Could you say how many lines in the records include "FileKeeper"? Please give the number by itself.

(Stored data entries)
---*---
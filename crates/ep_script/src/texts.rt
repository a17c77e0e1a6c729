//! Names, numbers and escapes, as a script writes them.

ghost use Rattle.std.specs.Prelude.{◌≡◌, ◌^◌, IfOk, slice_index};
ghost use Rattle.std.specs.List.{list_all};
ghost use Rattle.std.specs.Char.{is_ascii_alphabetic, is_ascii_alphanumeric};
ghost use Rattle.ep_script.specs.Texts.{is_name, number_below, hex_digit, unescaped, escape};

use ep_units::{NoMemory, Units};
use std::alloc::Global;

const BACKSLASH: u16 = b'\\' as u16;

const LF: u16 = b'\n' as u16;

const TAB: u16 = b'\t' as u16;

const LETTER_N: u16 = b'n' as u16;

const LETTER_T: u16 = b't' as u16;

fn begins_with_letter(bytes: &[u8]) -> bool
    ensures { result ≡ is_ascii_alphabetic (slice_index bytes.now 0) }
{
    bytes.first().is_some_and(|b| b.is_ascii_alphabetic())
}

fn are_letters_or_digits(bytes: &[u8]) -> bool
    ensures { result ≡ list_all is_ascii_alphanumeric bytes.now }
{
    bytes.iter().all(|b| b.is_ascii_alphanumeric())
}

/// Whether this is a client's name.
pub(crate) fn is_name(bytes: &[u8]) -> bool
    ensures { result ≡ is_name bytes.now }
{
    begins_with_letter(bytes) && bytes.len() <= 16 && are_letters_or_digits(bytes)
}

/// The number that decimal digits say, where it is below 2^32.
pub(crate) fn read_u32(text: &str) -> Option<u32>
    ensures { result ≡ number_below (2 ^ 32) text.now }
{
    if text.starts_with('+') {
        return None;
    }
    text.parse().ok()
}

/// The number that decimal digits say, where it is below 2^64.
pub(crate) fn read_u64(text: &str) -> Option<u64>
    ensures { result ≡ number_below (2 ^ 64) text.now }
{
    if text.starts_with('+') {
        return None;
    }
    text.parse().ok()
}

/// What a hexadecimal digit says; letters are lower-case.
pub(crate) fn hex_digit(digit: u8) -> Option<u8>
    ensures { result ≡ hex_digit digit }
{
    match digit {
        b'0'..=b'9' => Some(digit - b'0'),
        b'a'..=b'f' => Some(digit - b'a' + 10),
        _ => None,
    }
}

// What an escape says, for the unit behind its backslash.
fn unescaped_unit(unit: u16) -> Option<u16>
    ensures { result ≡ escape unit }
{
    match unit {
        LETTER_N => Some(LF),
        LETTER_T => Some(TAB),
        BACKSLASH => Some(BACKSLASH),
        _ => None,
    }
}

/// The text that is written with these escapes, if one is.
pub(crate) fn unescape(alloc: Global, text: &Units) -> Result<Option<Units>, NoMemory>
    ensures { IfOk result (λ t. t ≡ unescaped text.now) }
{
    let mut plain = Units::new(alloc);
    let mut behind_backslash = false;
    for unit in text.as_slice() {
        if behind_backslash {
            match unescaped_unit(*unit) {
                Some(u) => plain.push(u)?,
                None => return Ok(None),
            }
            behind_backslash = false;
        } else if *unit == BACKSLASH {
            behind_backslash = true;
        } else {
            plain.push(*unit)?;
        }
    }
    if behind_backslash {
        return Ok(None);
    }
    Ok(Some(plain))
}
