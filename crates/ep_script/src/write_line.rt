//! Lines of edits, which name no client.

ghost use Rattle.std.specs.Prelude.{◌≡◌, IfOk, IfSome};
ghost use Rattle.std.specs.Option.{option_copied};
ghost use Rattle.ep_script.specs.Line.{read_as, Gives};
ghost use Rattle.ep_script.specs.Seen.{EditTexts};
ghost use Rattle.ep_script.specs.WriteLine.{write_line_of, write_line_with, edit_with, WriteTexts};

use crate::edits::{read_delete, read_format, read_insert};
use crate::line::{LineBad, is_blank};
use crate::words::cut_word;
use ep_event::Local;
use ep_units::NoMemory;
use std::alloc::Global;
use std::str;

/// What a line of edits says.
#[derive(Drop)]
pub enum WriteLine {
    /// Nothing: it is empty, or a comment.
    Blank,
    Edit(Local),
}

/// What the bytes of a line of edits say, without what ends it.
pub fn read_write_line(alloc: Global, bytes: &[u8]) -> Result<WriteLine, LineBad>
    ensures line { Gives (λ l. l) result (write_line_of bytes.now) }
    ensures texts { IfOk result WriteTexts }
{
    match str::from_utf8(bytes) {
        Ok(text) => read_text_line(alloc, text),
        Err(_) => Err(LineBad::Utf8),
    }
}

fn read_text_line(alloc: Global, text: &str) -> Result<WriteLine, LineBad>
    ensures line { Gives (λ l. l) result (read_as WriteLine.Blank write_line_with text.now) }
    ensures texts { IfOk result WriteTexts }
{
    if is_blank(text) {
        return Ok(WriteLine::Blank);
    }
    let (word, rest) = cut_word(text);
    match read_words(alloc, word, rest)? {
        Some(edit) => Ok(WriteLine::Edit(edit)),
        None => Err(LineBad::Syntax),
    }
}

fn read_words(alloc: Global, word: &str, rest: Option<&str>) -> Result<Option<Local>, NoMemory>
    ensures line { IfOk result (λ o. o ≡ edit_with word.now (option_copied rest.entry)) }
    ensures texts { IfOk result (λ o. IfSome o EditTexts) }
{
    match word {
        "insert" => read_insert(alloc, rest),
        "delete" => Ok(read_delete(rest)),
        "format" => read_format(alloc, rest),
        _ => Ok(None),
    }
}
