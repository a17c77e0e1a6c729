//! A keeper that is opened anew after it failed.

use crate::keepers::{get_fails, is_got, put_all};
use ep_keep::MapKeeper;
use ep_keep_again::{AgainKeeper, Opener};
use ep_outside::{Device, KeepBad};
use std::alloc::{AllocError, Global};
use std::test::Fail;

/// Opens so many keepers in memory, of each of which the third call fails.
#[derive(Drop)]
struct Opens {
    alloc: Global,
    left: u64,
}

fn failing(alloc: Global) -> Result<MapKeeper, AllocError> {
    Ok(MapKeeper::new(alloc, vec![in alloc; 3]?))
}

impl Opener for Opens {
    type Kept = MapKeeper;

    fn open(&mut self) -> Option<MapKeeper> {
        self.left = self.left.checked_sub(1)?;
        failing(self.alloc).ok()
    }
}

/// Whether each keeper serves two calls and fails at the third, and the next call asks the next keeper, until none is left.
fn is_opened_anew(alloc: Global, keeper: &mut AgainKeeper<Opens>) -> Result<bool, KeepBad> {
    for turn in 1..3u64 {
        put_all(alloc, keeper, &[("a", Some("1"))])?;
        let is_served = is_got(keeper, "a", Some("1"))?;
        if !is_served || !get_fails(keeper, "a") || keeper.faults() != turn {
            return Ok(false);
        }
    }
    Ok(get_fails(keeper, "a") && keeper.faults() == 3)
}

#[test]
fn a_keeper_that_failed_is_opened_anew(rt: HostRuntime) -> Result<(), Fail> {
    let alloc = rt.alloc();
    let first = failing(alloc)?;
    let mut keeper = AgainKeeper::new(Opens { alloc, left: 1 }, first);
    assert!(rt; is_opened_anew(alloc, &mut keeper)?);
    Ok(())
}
---*---
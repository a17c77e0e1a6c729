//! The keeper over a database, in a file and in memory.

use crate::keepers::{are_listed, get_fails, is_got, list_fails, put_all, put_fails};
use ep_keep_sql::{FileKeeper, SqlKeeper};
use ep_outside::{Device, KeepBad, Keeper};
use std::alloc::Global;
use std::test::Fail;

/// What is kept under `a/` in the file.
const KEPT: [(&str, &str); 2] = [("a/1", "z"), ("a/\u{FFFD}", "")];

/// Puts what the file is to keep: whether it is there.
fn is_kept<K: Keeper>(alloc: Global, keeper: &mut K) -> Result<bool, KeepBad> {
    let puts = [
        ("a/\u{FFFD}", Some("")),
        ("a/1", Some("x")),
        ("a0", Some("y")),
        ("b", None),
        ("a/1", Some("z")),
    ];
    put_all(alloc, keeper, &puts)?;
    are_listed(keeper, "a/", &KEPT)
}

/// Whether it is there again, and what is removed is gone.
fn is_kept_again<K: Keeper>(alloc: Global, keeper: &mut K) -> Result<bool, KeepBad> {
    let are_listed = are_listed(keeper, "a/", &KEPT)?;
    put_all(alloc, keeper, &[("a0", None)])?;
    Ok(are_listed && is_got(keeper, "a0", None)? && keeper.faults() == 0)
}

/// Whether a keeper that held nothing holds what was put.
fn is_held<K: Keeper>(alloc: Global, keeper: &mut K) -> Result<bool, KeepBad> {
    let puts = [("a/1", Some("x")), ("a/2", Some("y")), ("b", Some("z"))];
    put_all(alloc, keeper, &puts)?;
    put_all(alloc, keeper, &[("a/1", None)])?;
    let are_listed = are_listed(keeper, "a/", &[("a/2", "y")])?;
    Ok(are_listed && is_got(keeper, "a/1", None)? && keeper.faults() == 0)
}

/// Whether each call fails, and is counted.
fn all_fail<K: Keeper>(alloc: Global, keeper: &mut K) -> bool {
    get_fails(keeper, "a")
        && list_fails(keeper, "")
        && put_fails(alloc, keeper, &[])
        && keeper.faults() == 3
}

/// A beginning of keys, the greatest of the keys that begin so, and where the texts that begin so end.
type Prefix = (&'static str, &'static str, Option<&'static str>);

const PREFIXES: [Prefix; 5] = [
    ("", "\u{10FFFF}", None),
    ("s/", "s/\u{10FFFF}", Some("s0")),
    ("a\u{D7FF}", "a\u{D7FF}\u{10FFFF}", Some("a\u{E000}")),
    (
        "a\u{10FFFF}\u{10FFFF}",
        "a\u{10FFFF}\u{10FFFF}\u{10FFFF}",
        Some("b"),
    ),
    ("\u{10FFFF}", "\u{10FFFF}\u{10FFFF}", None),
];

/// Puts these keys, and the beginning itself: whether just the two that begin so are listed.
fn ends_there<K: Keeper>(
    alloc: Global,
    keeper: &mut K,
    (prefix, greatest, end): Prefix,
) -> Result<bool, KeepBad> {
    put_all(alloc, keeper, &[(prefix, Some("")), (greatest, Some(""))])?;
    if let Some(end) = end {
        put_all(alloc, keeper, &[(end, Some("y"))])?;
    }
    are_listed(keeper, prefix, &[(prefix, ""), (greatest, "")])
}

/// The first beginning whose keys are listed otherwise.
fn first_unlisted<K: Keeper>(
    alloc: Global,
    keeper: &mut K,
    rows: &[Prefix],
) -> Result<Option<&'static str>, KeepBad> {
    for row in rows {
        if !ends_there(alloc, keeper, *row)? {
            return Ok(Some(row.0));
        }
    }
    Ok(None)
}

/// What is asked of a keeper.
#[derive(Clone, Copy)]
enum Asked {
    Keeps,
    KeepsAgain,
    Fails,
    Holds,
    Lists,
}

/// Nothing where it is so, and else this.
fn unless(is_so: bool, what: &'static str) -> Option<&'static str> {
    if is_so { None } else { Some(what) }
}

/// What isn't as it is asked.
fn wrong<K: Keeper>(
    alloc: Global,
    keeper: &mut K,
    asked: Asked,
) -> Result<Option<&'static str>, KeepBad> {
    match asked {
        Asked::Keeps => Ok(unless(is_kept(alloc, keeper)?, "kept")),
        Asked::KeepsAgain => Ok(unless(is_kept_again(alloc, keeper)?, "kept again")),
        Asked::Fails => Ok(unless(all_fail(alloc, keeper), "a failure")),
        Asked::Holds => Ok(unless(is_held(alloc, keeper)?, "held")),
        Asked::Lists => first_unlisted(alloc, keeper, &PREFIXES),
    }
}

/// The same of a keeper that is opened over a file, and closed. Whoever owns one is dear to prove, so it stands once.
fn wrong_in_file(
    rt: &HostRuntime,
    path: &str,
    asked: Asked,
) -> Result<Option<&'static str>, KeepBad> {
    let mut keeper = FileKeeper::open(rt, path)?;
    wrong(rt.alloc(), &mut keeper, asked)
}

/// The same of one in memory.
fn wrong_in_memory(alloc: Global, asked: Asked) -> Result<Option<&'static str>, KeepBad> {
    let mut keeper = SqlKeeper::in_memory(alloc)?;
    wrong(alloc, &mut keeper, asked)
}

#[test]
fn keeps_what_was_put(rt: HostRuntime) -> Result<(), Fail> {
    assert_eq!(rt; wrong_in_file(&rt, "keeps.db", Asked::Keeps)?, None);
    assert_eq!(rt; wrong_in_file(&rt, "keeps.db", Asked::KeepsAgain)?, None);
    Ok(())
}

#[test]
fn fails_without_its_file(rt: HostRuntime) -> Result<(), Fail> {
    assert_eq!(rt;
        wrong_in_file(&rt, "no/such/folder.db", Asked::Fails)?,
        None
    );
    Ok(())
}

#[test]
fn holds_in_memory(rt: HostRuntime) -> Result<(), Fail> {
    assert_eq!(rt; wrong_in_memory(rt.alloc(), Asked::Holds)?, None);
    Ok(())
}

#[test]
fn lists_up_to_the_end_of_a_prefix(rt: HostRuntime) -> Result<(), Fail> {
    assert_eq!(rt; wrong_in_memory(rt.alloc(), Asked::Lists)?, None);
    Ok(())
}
---*---
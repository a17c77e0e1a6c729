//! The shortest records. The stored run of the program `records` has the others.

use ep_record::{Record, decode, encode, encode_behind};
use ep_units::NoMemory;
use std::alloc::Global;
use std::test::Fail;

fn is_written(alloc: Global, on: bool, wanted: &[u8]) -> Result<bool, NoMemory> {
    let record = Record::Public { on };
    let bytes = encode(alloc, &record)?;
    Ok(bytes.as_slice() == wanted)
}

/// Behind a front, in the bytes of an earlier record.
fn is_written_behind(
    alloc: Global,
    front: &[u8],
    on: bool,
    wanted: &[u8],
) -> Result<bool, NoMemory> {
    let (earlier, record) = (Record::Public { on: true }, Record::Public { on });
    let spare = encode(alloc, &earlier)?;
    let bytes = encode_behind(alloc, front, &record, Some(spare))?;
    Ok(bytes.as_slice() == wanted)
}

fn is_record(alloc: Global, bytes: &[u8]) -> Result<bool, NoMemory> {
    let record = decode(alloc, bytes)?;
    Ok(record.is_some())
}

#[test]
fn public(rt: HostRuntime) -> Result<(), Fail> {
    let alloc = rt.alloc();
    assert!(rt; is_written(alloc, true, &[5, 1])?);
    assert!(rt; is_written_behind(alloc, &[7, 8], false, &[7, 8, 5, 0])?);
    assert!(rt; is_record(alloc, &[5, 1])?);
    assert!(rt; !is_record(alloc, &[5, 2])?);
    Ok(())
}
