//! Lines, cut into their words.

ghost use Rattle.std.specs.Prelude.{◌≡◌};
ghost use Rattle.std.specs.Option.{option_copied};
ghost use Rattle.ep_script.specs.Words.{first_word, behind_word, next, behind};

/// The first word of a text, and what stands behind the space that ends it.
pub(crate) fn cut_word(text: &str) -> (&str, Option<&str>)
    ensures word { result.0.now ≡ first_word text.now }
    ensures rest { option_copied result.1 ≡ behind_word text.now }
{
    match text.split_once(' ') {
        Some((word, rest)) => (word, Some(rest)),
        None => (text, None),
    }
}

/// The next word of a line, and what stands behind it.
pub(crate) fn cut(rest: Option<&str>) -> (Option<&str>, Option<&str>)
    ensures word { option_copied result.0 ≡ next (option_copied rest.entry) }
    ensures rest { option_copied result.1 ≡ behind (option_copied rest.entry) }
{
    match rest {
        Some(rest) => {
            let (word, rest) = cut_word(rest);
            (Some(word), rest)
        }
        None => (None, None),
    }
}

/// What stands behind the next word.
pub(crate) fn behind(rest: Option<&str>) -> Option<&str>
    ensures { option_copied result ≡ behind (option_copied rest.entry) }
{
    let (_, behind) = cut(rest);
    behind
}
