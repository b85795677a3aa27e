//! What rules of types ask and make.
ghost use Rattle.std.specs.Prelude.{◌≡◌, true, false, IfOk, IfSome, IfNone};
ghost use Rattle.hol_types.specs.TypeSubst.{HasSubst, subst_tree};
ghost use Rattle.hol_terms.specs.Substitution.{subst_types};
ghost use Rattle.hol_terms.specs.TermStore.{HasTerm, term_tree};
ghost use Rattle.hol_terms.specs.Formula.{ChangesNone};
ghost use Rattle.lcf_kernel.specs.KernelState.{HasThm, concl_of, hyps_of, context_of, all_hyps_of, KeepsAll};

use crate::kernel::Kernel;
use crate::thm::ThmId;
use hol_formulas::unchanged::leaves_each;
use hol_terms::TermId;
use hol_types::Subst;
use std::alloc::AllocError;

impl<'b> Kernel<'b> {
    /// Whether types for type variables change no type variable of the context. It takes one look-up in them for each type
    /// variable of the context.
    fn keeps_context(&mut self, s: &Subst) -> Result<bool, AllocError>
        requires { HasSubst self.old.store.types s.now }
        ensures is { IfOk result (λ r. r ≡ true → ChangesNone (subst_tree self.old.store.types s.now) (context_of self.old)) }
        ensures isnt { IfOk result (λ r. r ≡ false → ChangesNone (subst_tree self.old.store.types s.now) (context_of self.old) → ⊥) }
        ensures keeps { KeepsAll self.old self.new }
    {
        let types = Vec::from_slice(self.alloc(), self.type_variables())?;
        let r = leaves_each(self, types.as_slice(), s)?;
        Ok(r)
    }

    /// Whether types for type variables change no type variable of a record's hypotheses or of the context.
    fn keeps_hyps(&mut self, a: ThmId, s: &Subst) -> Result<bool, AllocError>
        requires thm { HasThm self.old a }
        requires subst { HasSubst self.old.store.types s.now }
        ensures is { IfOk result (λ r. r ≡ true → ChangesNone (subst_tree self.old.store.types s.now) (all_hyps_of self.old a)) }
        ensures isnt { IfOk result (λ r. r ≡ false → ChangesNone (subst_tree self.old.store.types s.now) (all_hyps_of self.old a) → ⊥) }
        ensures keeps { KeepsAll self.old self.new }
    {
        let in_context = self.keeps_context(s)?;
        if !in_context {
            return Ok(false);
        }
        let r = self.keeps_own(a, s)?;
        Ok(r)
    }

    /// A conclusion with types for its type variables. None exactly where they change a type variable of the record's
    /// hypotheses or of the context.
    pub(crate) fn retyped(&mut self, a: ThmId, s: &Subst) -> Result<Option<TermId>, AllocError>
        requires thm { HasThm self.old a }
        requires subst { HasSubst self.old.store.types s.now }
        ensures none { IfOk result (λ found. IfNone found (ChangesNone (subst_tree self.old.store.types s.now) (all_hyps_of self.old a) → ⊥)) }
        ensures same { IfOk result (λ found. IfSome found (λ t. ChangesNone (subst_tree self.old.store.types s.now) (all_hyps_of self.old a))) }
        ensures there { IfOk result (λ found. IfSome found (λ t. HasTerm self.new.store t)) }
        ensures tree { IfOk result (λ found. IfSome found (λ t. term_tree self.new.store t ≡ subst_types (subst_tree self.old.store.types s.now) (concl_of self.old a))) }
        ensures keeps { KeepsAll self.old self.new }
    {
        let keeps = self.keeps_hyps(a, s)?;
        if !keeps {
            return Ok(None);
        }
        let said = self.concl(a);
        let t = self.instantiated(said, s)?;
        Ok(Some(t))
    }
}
---*---
FINAL ANSWER >> 2